[Start of section]

// What a byte begins; what stands at a place of a text and has no parts (parse.rs, `parse_inner`): a primitive, a bitfield or a closer; and where runs of pointers and of codes end.
#![tactic(auto)]

ghost use Rattle.std.specs.Prelude.{◌≡◌, ◌||◌, [], ◌≤◌, length, drop, ltb, eqb};
ghost use Rattle.kinds.specs.Parse.{max_u64, parse_number, parse_complex, parse_quoted, parse_object, parse_bit_field, parse_bits, start};
ghost use Rattle.kinds.specs.Strict.{typed_number, bits_numbers};
ghost use Rattle.parser.specs.Run.{run_end};
ghost use Rattle.codes.specs.Answer.{start_of, code_of, is_code, is_indirection, closed, closes_fields, no_digits, digits_then, digits_in, untyped_token, token_of, token_at};

use kinds::{ContainerKind, ErrorKind, IndirectionKind, Primitive};
use numbers::{Digits, is_digit, parse_u8, parse_u64};
use parser::{ByteTest, quote_end, run_end};

// What the digits of a bitfield's numbers show, in their order; no digits for a number that was not met.
#[derive(Clone, Copy)]
pub struct BitsDigits {
    pub first: Digits,
    pub second: Digits,
}

// A primitive's kind; a bitfield's size; its offset, its type's kind and its size; a closer; each with the place after it. Digits are those of
// a bitfield, also where it is refused.
// `Parts`: a pointer, an atomic, an array or a container begins. `End`: the text ended. Eight kinds with values of their own, of which a
// refusal has digits too: a `Result` around seven of them would be no plainer.
#[derive(Clone, Copy)]
pub enum Token {
    Primitive(u64, usize),
    BitField(u64, usize, BitsDigits),
    TypedBitField(u64, u64, u64, usize, BitsDigits),
    ArrayEnd(usize),
    ContainerEnd(ContainerKind, usize),
    Refused(ErrorKind, usize, BitsDigits),
    Parts,
    End,
}

// What a byte begins: a primitive's whole code, what may become one of several kinds, what opens or closes something with parts.
#[derive(Clone, Copy, Debug, PartialEq, Eq)]
pub enum Begun {
    Single(Primitive),
    Complex,
    Object,
    Bits,
    Indirection(IndirectionKind),
    OpenArray,
    CloseArray,
    OpenContainer(ContainerKind),
    CloseContainer(ContainerKind),
    Nothing,
}

// The list of all type codes. They stand in the order of the table in Apple's guide
// ("Type Encodings"), then those that the crate adds, in the order of its parser (parse.rs, `parse_inner`). A closer is no code and
// comes after them. What opens something (`^`, `A`, `[`, `{`, `(`) reading also tells by tests of its own, before it asks here.
// Put into its callers with `single_kind`: what it answers is then a jump in their loops, where a call for each byte took up to half as long again.
#[inline(always)]
pub fn start(b: u8) -> Begun
    ensures { start_of result ≡ start b }
{
    match b {
        b'c' => Begun::Single(Primitive::Char),
        b'i' => Begun::Single(Primitive::Int),
        b's' => Begun::Single(Primitive::Short),
        b'l' => Begun::Single(Primitive::Long),
        b'q' => Begun::Single(Primitive::LongLong),
        b'C' => Begun::Single(Primitive::UChar),
        b'I' => Begun::Single(Primitive::UInt),
        b'S' => Begun::Single(Primitive::UShort),
        b'L' => Begun::Single(Primitive::ULong),
        b'Q' => Begun::Single(Primitive::ULongLong),
        b'f' => Begun::Single(Primitive::Float),
        b'd' => Begun::Single(Primitive::Double),
        b'B' => Begun::Single(Primitive::Bool),
        b'v' => Begun::Single(Primitive::Void),
        b'*' => Begun::Single(Primitive::String),
        b'@' => Begun::Object,
        b'#' => Begun::Single(Primitive::Class),
        b':' => Begun::Single(Primitive::Sel),
        b'[' => Begun::OpenArray,
        b'{' => Begun::OpenContainer(ContainerKind::Struct),
        b'(' => Begun::OpenContainer(ContainerKind::Union),
        b'b' => Begun::Bits,
        b'^' => Begun::Indirection(IndirectionKind::Pointer),
        b'?' => Begun::Single(Primitive::Unknown),
        b'D' => Begun::Single(Primitive::LongDouble),
        b'j' => Begun::Complex,
        b'A' => Begun::Indirection(IndirectionKind::Atomic),
        b']' => Begun::CloseArray,
        b'}' => Begun::CloseContainer(ContainerKind::Struct),
        b')' => Begun::CloseContainer(ContainerKind::Union),
        _ => Begun::Nothing,
    }
}

// The kind word of the primitive whose code is this byte and never goes on behind it: not of `@`, which `?` or a name may follow.
#[inline(always)]
pub fn single_kind(b: u8) -> Option<u64>
    ensures { result ≡ code_of (start b) }
{
    let begun = start(b);
    match begun {
        Begun::Single(p) => Some(p.kind()),
        _ => None,
    }
}

// Of a number that was not met.
fn no_digits() -> Digits
    ensures { result ≡ no_digits }
{
    Digits {
        count: 0,
        surplus: false,
    }
}

// Of a bitfield's first number alone.
fn first_digits(first: Digits) -> BitsDigits
    ensures { result ≡ digits_then first [] }
{
    let second = no_digits();
    BitsDigits { first, second }
}

// A refusal where no number was met.
fn refused(why: ErrorKind, to: usize) -> Token
    ensures { result ≡ Token.Refused why to (digits_in []) }
{
    let none = first_digits(no_digits());
    Token::Refused(why, to, none)
}

// After `j`.
fn parse_complex(text: &[u8], at: usize) -> Token
    requires { at ≤ length text.now }
    ensures { result ≡ token_of text.now (digits_in []) (parse_complex (drop at text.now)) }
{
    if text.len() <= at {
        return refused(ErrorKind::UnexpectedEnd, at);
    }
    let b = text[at];
    match b {
        b'f' => Token::Primitive(Primitive::FloatComplex.kind(), at + 1),
        b'd' => Token::Primitive(Primitive::DoubleComplex.kind(), at + 1),
        b'D' => Token::Primitive(Primitive::LongDoubleComplex.kind(), at + 1),
        _ => refused(ErrorKind::UnknownAfterComplex(b), at),
    }
}

// After `@"`: up to the closing quote.
fn parse_quoted(text: &[u8], at: usize) -> Token
    requires { at ≤ length text.now }
    ensures { result ≡ token_of text.now (digits_in []) (parse_quoted (drop at text.now)) }
{
    let end = quote_end(text, at);
    if end < text.len() {
        return Token::Primitive(Primitive::Object.kind(), end + 1);
    }
    refused(ErrorKind::UnexpectedEnd, end)
}

// After `@`.
fn parse_object(text: &[u8], at: usize) -> Token
    requires { at ≤ length text.now }
    ensures { result ≡ token_of text.now (digits_in []) (parse_object (drop at text.now)) }
{
    if text.len() <= at {
        return Token::Primitive(Primitive::Object.kind(), at);
    }
    let b = text[at];
    match b {
        b'?' => Token::Primitive(Primitive::Block.kind(), at + 1),
        b'"' => parse_quoted(text, at + 1),
        _ => Token::Primitive(Primitive::Object.kind(), at),
    }
}

// The kinds that a bitfield's type may have.
fn is_integral(p: u64) -> bool
    ensures { result ≡ (ltb p 10 || eqb p 16) }
{
    p < 10 || p == 16
}

// A bitfield without a type.
fn untyped(size: u64, to: usize, first: Digits) -> Token
    ensures { result ≡ untyped_token size to (digits_then first []) }
{
    let digits = first_digits(first);
    if size <= 255 {
        Token::BitField(size, to, digits)
    } else {
        Token::Refused(ErrorKind::IntegerTooLarge, to, digits)
    }
}

// After the first number of a bitfield: with a type where a digit follows it (`try_parse_bitfield_gnustep`).
fn parse_bit_field(text: &[u8], first: u64, to: usize, digits: Digits) -> Token
    requires { to ≤ length text.now }
    ensures { result ≡ token_of text.now (digits_then digits (typed_number (drop to text.now))) (parse_bit_field first (drop to text.now)) }
{
    if text.len() - to < 2 {
        return untyped(first, to, digits);
    }
    let Some(p) = single_kind(text[to]) else {
        return untyped(first, to, digits);
    };
    if !is_integral(p) {
        return untyped(first, to, digits);
    }
    if !is_digit(text[to + 1]) {
        return untyped(first, to, digits);
    }
    let number = parse_u8(text, to + 1);
    let both = BitsDigits {
        first: digits,
        second: number.digits,
    };
    match number.read {
        Ok((size, end)) => Token::TypedBitField(first, p, size, end, both),
        Err(e) => Token::Refused(e.kind, e.split_point, both),
    }
}

// After `b`.
fn parse_bits(text: &[u8], at: usize) -> Token
    requires { at ≤ length text.now }
    ensures { result ≡ token_of text.now (digits_in (bits_numbers (drop at text.now))) (parse_bits (parse_number max_u64 (drop at text.now))) }
{
    let number = parse_u64(text, at);
    let digits = number.digits;
    match number.read {
        Err(e) => Token::Refused(e.kind, e.split_point, first_digits(digits)),
        Ok((first, to)) => parse_bit_field(text, first, to, digits),
    }
}

// What stands at a place, where it has no parts.
pub fn token_at(text: &[u8], at: usize) -> Token
    ensures { result ≡ token_at text.now at }
{
    if text.len() <= at {
        return Token::End;
    }
    let b = text[at];
    let next = at + 1;
    let begun = start(b);
    match begun {
        Begun::Single(p) => Token::Primitive(p.kind(), next),
        Begun::Complex => parse_complex(text, next),
        Begun::Object => parse_object(text, next),
        Begun::Bits => parse_bits(text, next),
        Begun::Indirection(_) => Token::Parts,
        Begun::OpenArray => Token::Parts,
        Begun::CloseArray => Token::ArrayEnd(next),
        Begun::OpenContainer(_) => Token::Parts,
        Begun::CloseContainer(kind) => Token::ContainerEnd(kind, next),
        Begun::Nothing => refused(ErrorKind::Unknown(b), next),
    }
}

// Reading asks this of every type first: two tests, which cost it less than the list does.
fn is_indirection(b: u8) -> bool
    ensures { result ≡ is_indirection b }
{
    b == b'^' || b == b'A'
}

struct IndirectionByte;

impl ByteTest for IndirectionByte {
    ghost test = { λ _. is_indirection };

    fn passes(&self, b: u8) -> bool {
        is_indirection(b)
    }
}

// The place after the pointers and atomics from `at` on.
pub fn indirections_end(text: &[u8], at: usize) -> usize
    ensures { result ≡ run_end is_indirection text.now at }
{
    run_end(text, at, &IndirectionByte)
}

#[tactic(auto, unfolding(crate::specs::Answer::is_code))]
fn is_code(b: u8) -> bool
    ensures { result ≡ is_code b }
{
    single_kind(b).is_some()
}

struct CodeByte;

impl ByteTest for CodeByte {
    ghost test = { λ _. is_code };

    fn passes(&self, b: u8) -> bool {
        is_code(b)
    }
}

// The place after the codes that `single_kind` knows, from `at` on.
pub fn codes_end(text: &[u8], at: usize) -> usize
    ensures { result ≡ run_end is_code text.now at }
{
    run_end(text, at, &CodeByte)
}

// An array's item is closed at `to`.
pub fn closes_item(text: &[u8], to: usize) -> bool
    ensures { result ≡ closed text.now to }
{
    to < text.len() && text[to] == b']'
}

// The container's own closer stands at `to`.
pub fn closes_fields(text: &[u8], to: usize, kind: ContainerKind) -> bool
    ensures { result ≡ closes_fields text.now to kind }
{
    to < text.len() && text[to] == kind.end_byte()
}
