// A container's name in text (parse.rs, `parse_container`): up to `=` or the container's own closer; a place past the end is taken as the end.
#![tactic(auto)]

ghost use Rattle.std.specs.Prelude.{◌≡◌, [], ◌≤◌, length, drop};
ghost use Rattle.kinds.specs.Parse.{parse_name};
ghost use Rattle.names.specs.Answer.{name_at};
ghost use Rattle.names.specs.Ends.{NameEnd, goes_on};

use kinds::{ContainerKind, ErrorKind, ParseError, verify_name};
use parser::{ByteTest, run_end};

// A byte of the name of a container of this kind.
#[derive(Clone, Copy)]
struct NameByte(ContainerKind);

impl ByteTest for NameByte {
    ghost test = { λ s. goes_on s.0 };

    fn passes(&self, b: u8) -> bool {
        b != b'=' && b != self.0.end_byte()
    }
}

// Where a container's name ends: at `=`, at the container's own closer, or with the text.
fn name_end(text: &[u8], at: usize, kind: ContainerKind) -> usize
    requires { at ≤ length text.now }
    ensures { NameEnd text.now at kind result }
{
    run_end(text, at, &NameByte(kind))
}

// A container's name, checked and not copied: where it ends and the place after it, with `=` passed.
pub fn parse_name(text: &[u8], at: usize, kind: ContainerKind) -> Result<(usize, usize), ParseError>
    ensures { result ≡ name_at text.now at (parse_name kind [] (drop at text.now)) }
{
    let n = text.len();
    if n <= at {
        return Err(ParseError {
            kind: ErrorKind::WrongEndContainer(kind),
            split_point: n,
        });
    }
    let e = name_end(text, at, kind);
    if n <= e {
        return Err(ParseError {
            kind: ErrorKind::WrongEndContainer(kind),
            split_point: e,
        });
    }
    if !verify_name(&text[at..e]) {
        return Err(ParseError {
            kind: ErrorKind::InvalidIdentifier(kind),
            split_point: e,
        });
    }
    if text[e] == b'=' {
        return Ok((e, e + 1));
    }
    Ok((e, e))
}
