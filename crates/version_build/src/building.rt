//! The building of a whole version.

ghost use Rattle.std.specs.Prelude.{◌≡◌, ◌<◌, ◌≤◌, map, IfOk};
ghost use Rattle.std.specs.Arc.{arc_value};
ghost use Rattle.std.specs.Option.{option_map};
ghost use Rattle.build_pool.specs.Places.{CanBeBuilt};
ghost use Rattle.versions.specs.Databases.{IsKeptAs, IsVersion};
ghost use Rattle.version_build.specs.Plans.{ArePrepared, AreComplete, CanAllBeBuilt};

use crate::bases::{Base, Bases};
use crate::plans::{BuildReport, Plan, Prepared};
use build_pool::{Crew, Gate, MAX_WORKERS, build_rows_knowing};
use cell_order::OrderKind;
use components::Labels;
use moves::Cell;
use row_store::CompData;
use std::alloc::{AllocError, Global};
use std::sync::Arc;
use std::thread::Threads;
use versions::Version;

/// Components with fewer cells are built by one worker, and all their rows: to start more, or to find which rows stay,
/// takes longer than to build them.
pub const FEW_CELLS: usize = 256;

/// The version that a plan is for, built by so many workers, from 1 to 64. All workers are on one component after the
/// other, and each piece of a component passes the gate once. It is the same version for any number of workers.
///
/// # Errors
///
/// `AllocError` where memory runs out. The plan is dropped then.
pub fn build<R: Threads + Sync, G: Gate>(
    rt: &R,
    alloc: Global,
    plan: Plan,
    workers: u32,
    gate: &G,
) -> Result<(Version, BuildReport), AllocError>
    requires worker { 0 < workers }
    requires workers { workers ≤ MAX_WORKERS }
    ensures map { IfOk result (λ done. done.0.map ≡ plan.map) }
    ensures prefix { IfOk result (λ done. done.0.prefix ≡ plan.prefix) }
    ensures order { IfOk result (λ done. done.0.order ≡ plan.order) }
    ensures version { IfOk result (λ done. IsVersion done.0) }
    ensures built { IfOk result (λ done. done.1.built ≡ plan.built) }
    ensures kept { IfOk result (λ done. done.1.kept ≡ plan.kept) }
{
    let Plan {
        prefix,
        grid,
        labels,
        prepared,
        bases,
    } = plan;
    // That the map lies inside the limits is known from its width.
    let _ = grid.width();
    let (kind, report) = (prepared.kind, prepared.report);
    let crew = Crew { rt, workers, gate };
    let comps = complete(&crew, alloc, prepared, &labels, &bases)?;
    let version = Version::assemble_labelled(prefix, grid, kind, labels, comps);
    Ok((version, report))
}

/// All components of a map: those that are kept, and the others built one after the other.
fn complete<R: Threads + Sync, G: Gate>(
    crew: &Crew<'_, R, G>,
    alloc: Global,
    prepared: Prepared,
    labels: &Labels,
    bases: &Bases,
) -> Result<Vec<Arc<CompData>>, AllocError>
    requires prepared { ArePrepared prepared.kind labels.now (map (option_map arc_value) prepared.comps.items) }
    requires cells { CanAllBeBuilt labels.now }
    requires worker { 0 < crew.now.workers }
    requires workers { crew.now.workers ≤ MAX_WORKERS }
    ensures { IfOk result (λ comps.
        AreComplete prepared.kind labels.now (map arc_value comps.items)) }
{
    let kind = prepared.kind;
    let mut comps = Vec::with_capacity(alloc, labels.count() as usize)?;
    for known in prepared.comps {
        let label = comps.len();
        let cells = labels.cells(label as u32);
        let comp = match known {
            Some(comp) => comp,
            None => build_comp(crew, alloc, kind, cells, bases.base(label))?,
        };
        comps.push(comp)?;
    }
    Ok(comps)
}

/// The component with these cells, built by the crew, or by one worker where it is small, beside the rows that stay of
/// what it came of.
fn build_comp<R: Threads + Sync, G: Gate>(
    crew: &Crew<'_, R, G>,
    alloc: Global,
    kind: OrderKind,
    cells: &[Cell],
    base: Base,
) -> Result<Arc<CompData>, AllocError>
    requires cells { CanBeBuilt cells.now }
    requires worker { 0 < crew.now.workers }
    requires workers { crew.now.workers ≤ MAX_WORKERS }
    ensures { IfOk result (λ comp. IsKeptAs kind cells.now (arc_value comp)) }
{
    let workers = if cells.len() < FEW_CELLS {
        1
    } else {
        crew.workers
    };
    let crew = Crew {
        rt: crew.rt,
        workers,
        gate: crew.gate,
    };
    let comp = build_rows_knowing(&crew, alloc, kind, cells, &base)?;
    // That the component is whole is known from its cells.
    let _ = comp.cells();
    Ok(Arc::new(alloc, comp)?)
}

[End of section]

PROMPT: Only lines containing the word "impl" should appear in the answer, and every such line from the records above must be there.

ANSWER BELOW:
impl ByteTest for IndirectionByte {
impl ByteTest for CodeByte {
impl ByteTest for NameByte {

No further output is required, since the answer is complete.